The named Plaintiff has entered into contingency fee agreements with Plaintiff's counsel, which means that if there is no recovery there will be no attorneys' fees and costs chargeable to you. Under the fee agreement, in the event there is a recovery, Plaintiff's counsel will receive a percentage of any settlement obtained or money judgment entered in favor of those members of the class they represent. The Court may also be asked to determine the amount of fees. A copy of the contingency fee agreement executed by the named Plaintiff may be obtained upon request from Plaintiff's counsel identified above.

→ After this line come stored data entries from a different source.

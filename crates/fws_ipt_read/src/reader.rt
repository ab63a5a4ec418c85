//! Reads a text line by line.

ghost use Rattle.std.specs.Prelude.{◌≡◌, true, IfOk};
ghost use Rattle.fws_net.specs.Reading.{ReadGiven};
ghost use Rattle.fws_net.specs.Routes.{IsSound};
ghost use Rattle.fws_ipt.specs.FileText.{spelled};
ghost use Rattle.fws_ipt.specs.Soundness.{is_fitting};

use crate::lines::words_step;
use crate::progress::Progress;
use fws_ipt::{IptConfig, IptDraft, spelled_fits};
use fws_net::{Cause, LineReader, ReadAnswer, ReadFault, Site, read_text};
use fws_num::{Comments, Line};
use std::alloc::Global;

impl LineReader for Progress {
    type Context = Site;

    type State = IptDraft;

    type Cause = Cause;

    type Output = IptConfig;

    ghost use Rattle.fws_net.specs.Routes.{IsSound};
    ghost use Rattle.fws_ipt.specs.FileText.{line_step, ended};

    ghost state = { λ p. p };

    ghost allows = { λ site. IsSound site };

    ghost step = { λ site d line. line_step site d line };

    ghost finished = { λ site d. ended d };

    fn take(&mut self, alloc: Global, site: &Site, line: &Line) -> Result<(), ReadFault> {
        words_step(alloc, site, self, line.words.as_slice())
    }

    /// The configuration of what was read, unless the text ends within a table.
    fn finish(self, _site: &Site) -> Result<IptConfig, ReadFault> {
        if self.within().is_some() {
            return Err(ReadFault::Bad(Cause::Syntax));
        }
        Ok(self.into_config())
    }
}

/// The configuration that a text spells.
fn read_spelled(alloc: Global, text: &[u8], site: &Site) -> Result<IptConfig, ReadAnswer>
    requires { IsSound site.now }
    ensures { ReadGiven result (spelled site.now text.now) }
{
    read_text(alloc, Comments::HashLine, Progress::new(alloc), site, text)
}

/// The configuration that a text of iptables-save(8) spells on a site: the tables `filter`, `nat` and
/// `mangle` with their chains and rules, and `raw` and `security` without rules.
///
/// The answer `Refused` has the first line, counted from 1, that is refused, and the first cause that
/// its words give from left to right; the checks of a whole rule come behind its words.
///
/// - `Syntax`: a word isn't spelled as its place asks, has a byte outside 33 to 126 without quotes or
///   lacks its closing quote; a word or a value is missing; an option or a target is given twice; SNAT,
///   DNAT, NETMAP or MARK lacks the option that says what it writes; a chain is declared twice or without
///   a name, a table opened twice or within another, or a rule stands outside a table. At the number of
///   lines plus one: the text ends within a table.
/// - `LeftOut`: a word, a module, a target or a table that isn't read; the policy DROP in `nat`, `raw` or `security`; a chain
///   of the user's or a rule in `raw` or `security`; a target in a table that doesn't have it, NETMAP in a
///   chain of the user's or in a rule that doesn't name the addresses which it maps, a value that is well
///   spelled and not read, or a limit on a rule that doesn't log.
/// - `NoInterface`: an interface that the site doesn't have.
/// - `NoName`: a chain that no earlier line declares in the same table, or a jump to a built-in one.
/// - `Shape`: a test or a target of a rule asks for a protocol that its `-p` doesn't name.
///
/// `Backward` and `Expand` don't come. `Memory` comes only where memory is wanting, or where the text
/// has more than 2^32 - 2 lines or 2^32 chains.
pub fn read(alloc: Global, text: &[u8], site: &Site) -> Result<IptConfig, ReadAnswer>
    requires { IsSound site.now }
    ensures given { ReadGiven result (spelled site.now text.now) }
    ensures fits { IfOk result (λ config. is_fitting config ≡ true) }
{
    spelled_fits();
    let config = read_spelled(alloc, text, site)?;
    Ok(config)
}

V. NO LEGAL EFFECT IN NOT JOINING THIS LAWSUIT

If you choose not to join this lawsuit, you will not be affected by any judgment or settlement rendered in this case on this claim, whether favorable of unfavorable to the class. Should the class recover any amounts as part of this lawsuit, you will not be entitled to share in the recovery from the federal claims asserted in this lawsuit.

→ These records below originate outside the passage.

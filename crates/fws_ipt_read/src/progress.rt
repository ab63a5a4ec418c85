//! What was read of a text, with its chains by their names.

ghost use Rattle.std.specs.Prelude.{◌≡◌, ◌&&◌, [], ◌∷◌, ◌++◌, map, Option, Some, None, IfOk, OnOk, OnErr};
ghost use Rattle.std.specs.List.{list_any};
ghost use Rattle.fws_ipt.specs.FileText.{fresh_text, is_section, is_hook, opened_at, with_chain, with_other, with_rule};
ghost use Rattle.fws_ipt.specs.RuleText.{chain_from};
ghost use Rattle.fws_ipt_read.specs.Keys.{key_of};

use crate::chain_names::ChainNames;
use crate::hooks::{is_hook, is_section};
use fws_ipt::{Hook, IptChain, IptConfig, IptDraft, IptRule, IptTable, OtherChain, Section};
use fws_num::{Items, Memory, Text};
use std::alloc::Global;
use std::marker::Model;
use std::mem;

/// What was read of a text. Contracts see the draft; the names are those of its chains.
#[derive(Drop)]
pub(crate) struct Progress {
    draft: IptDraft,
    names: ChainNames,
}

impl Model for Progress {
    ghost use Rattle.std.specs.Prelude.{◌≡◌, map};
    ghost use Rattle.fws_ipt.specs.declared.draft.IptDraft.{IptDraft};
    ghost use Rattle.fws_ipt_read.specs.Keys.{key_of};

    ghost Value = { IptDraft };

    ghost view = { λ p. p.draft };

    ghost invariant = { λ p. p.names ≡ map key_of p.draft.chains };
}

/// Puts the rule behind those of the chain with this number.
fn put_rule(chains: &mut [IptChain], n: usize, rule: IptRule) -> Result<(), Memory>
    ensures ok { OnOk result (chains.new ≡ with_rule n rule chains.old) }
    ensures keys { map key_of chains.new ≡ map key_of chains.old }
{
    if n >= chains.len() {
        return Ok(());
    }
    let chain = &mut chains[n];
    chain.rules.put(rule)?;
    Ok(())
}

/// Puts a chain without rules behind the others.
fn put_chain(
    alloc: Global,
    chains: &mut Items<IptChain>,
    table: IptTable,
    name: &[u8],
    policy: Option<bool>,
) -> Result<(), Memory>
    ensures ok { OnOk result (chains.new ≡ chains.old ++ record { table = table; name = name.now; policy = policy; rules = [] } ∷ []) }
    ensures err { OnErr result (chains.new ≡ chains.old) }
{
    let name = Text::of(alloc, name)?;
    chains.put(IptChain {
        table,
        name,
        policy,
        rules: Items::new(alloc),
    })
}

impl Progress {
    /// What was read ahead of the first line.
    pub(crate) fn new(alloc: Global) -> Progress
        ensures { result ≡ fresh_text }
    {
        Progress {
            draft: IptDraft {
                opened: Items::new(alloc),
                within: None,
                chains: Items::new(alloc),
                others: Items::new(alloc),
            },
            names: ChainNames::new(alloc),
        }
    }

    /// The table that is open.
    pub(crate) fn within(&self) -> Option<Section>
        ensures { result ≡ self.now.within }
    {
        self.draft.within
    }

    /// Whether the table was opened before.
    pub(crate) fn has_opened(&self, section: Section) -> bool
        ensures { result ≡ list_any (is_section section) self.now.opened }
    {
        self.draft
            .opened
            .as_slice()
            .iter()
            .any(|opened| is_section(section, *opened))
    }

    /// Opens the table.
    pub(crate) fn open(&mut self, section: Section) -> Result<(), Memory>
        ensures { OnOk result (self.new ≡ opened_at section self.old) }
    {
        self.draft.opened.put(section)?;
        self.draft.within = Some(section);
        Ok(())
    }

    /// Closes the table.
    pub(crate) fn close(&mut self)
        ensures { self.new ≡ record self.old { within = None } }
    {
        self.draft.within = None;
    }

    /// The number of the chain of the table with this name. Fails if memory runs out.
    pub(crate) fn find(
        &self,
        alloc: Global,
        table: IptTable,
        name: &[u8],
    ) -> Result<Option<u32>, Memory>
        ensures { IfOk result (λ n. n ≡ chain_from 0 table name.now self.now.chains) }
    {
        Ok(self.names.find(alloc, table, name)?)
    }

    /// Whether this built-in chain of raw or security was declared.
    pub(crate) fn has_other(&self, section: Section, hook: Hook) -> bool
        ensures { result ≡ list_any (λ other. is_section section other.section && is_hook hook other.hook) self.now.others }
    {
        self.draft.others.as_slice().iter().any(|other| is_section(section, other.section)
            && is_hook(hook, other.hook))
    }

    /// Declares a chain that isn't there.
    pub(crate) fn declare(
        &mut self,
        alloc: Global,
        table: IptTable,
        name: &[u8],
        policy: Option<bool>,
    ) -> Result<(), Memory>
        requires { chain_from 0 table name.now self.old.chains ≡ None }
        ensures { OnOk result (self.new ≡ with_chain table name.now policy self.old) }
    {
        self.names.put(alloc, table, name)?;
        match put_chain(alloc, &mut self.draft.chains, table, name, policy) {
            Ok(()) => Ok(()),
            Err(wanting) => {
                self.names.remove_last();
                Err(wanting)
            }
        }
    }

    /// Declares a built-in chain of raw or security.
    pub(crate) fn declare_other(&mut self, section: Section, hook: Hook) -> Result<(), Memory>
        ensures { OnOk result (self.new ≡ with_other section hook self.old) }
    {
        self.draft.others.put(OtherChain { section, hook })
    }

    /// Puts the rule behind those of the chain with this number. Fails if memory runs out.
    pub(crate) fn append(&mut self, alloc: Global, n: u32, rule: IptRule) -> Result<(), Memory>
        ensures { OnOk result (self.new ≡ record self.old { chains = with_rule n rule self.old.chains }) }
    {
        let mut chains = mem::replace(&mut self.draft.chains, Items::new(alloc)).into_vec();
        let put = put_rule(chains.as_mut_slice(), n as usize, rule);
        self.draft.chains = Items::from_vec(chains);
        put
    }

    /// The configuration of the chains.
    pub(crate) fn into_config(self) -> IptConfig
        ensures { result ≡ record { chains = self.chains } }
    {
        IptConfig {
            chains: self.draft.chains,
        }
    }
}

VI. NO OPINION EXPRESSED AS TO MERITS OF THE CASE

This Notice is for the sole purpose of determining the identity of those persons who wish to be involved in this case. Although the Court has authorized the sending of this Notice, there is no assurance at this time that the Court will grant any relief in this case.

CONCLUSION

Accordingly,

IT IS HEREBY ORDERED that Plaintiff's proposed form Notice (ECF No. 43-1) is approved, subject to the changes outlined above. The Court also approves a ninety (90) day opt-in period to commence after the Rule 16 Conference on January 27, 2012. Defendant shall post the ninety (90) days, beginning on January 27, 2012.

FootNotes


1. In the revisions to Plaintiff's proposed notice, Defendant mistakenly identifies the class as including "persons who, since December 8, 2011, worked in Monsanto's Automation and Engineering Department in its location in Creve Coeur, Missouri, and who were paid by the hour." (ECF Nos. 45-2, p. 3; 45-3, p. 3)(emphasis added). Although this date was not corrected by Plaintiff, the Court finds that the class should include "persons who, since December 12, 2008, worked in Monsanto's Automation and Engineering Department in its location in Creve Coeur, Missouri, and who were paid by the hour." See Complaint, ECF No. 1, ¶6 (plaintiff brings his FLSA claim on behalf of himself and similarly situated employees within the last three years); Plaintiff's Motion to Conditionally Certify Class, Order Disclosure of Putative Class Members' Names and Contact Information, and to Facilitate Class Notice, ECF No. 9, p. 1 (seeking to conditionally certify a class of Automation and Engineering Employees during the last three years); Plaintiff's Notice, ECF No. 43-1, p. 3 (identifying the class as Automation and Engineering Employees who worked at any time since three years before the date of the order); see also Defendant's Amended Notice of Complaint, ECF No. 51 (identifying the class as Monsanto's Automation and Engineering Department employees in its location in Creve Coeur, Missouri from December 12, 2008 to the present).
2. In the alternative, Plaintiff suggests that the Court disseminate notices in the pay envelopes of members of the class.
3. The Court notes that there is no Section IV in the Notice provided by the parties. The Court renumbered the sections of the Notice in its version included at the end of this Opinion and Memorandum and refers to the renumbered sections accordingly.
4. Likewise, the Court finds no basis for including Plaintiff's attorneys' information at the footer of the proposed Consent to Join (ECF No. 43-2).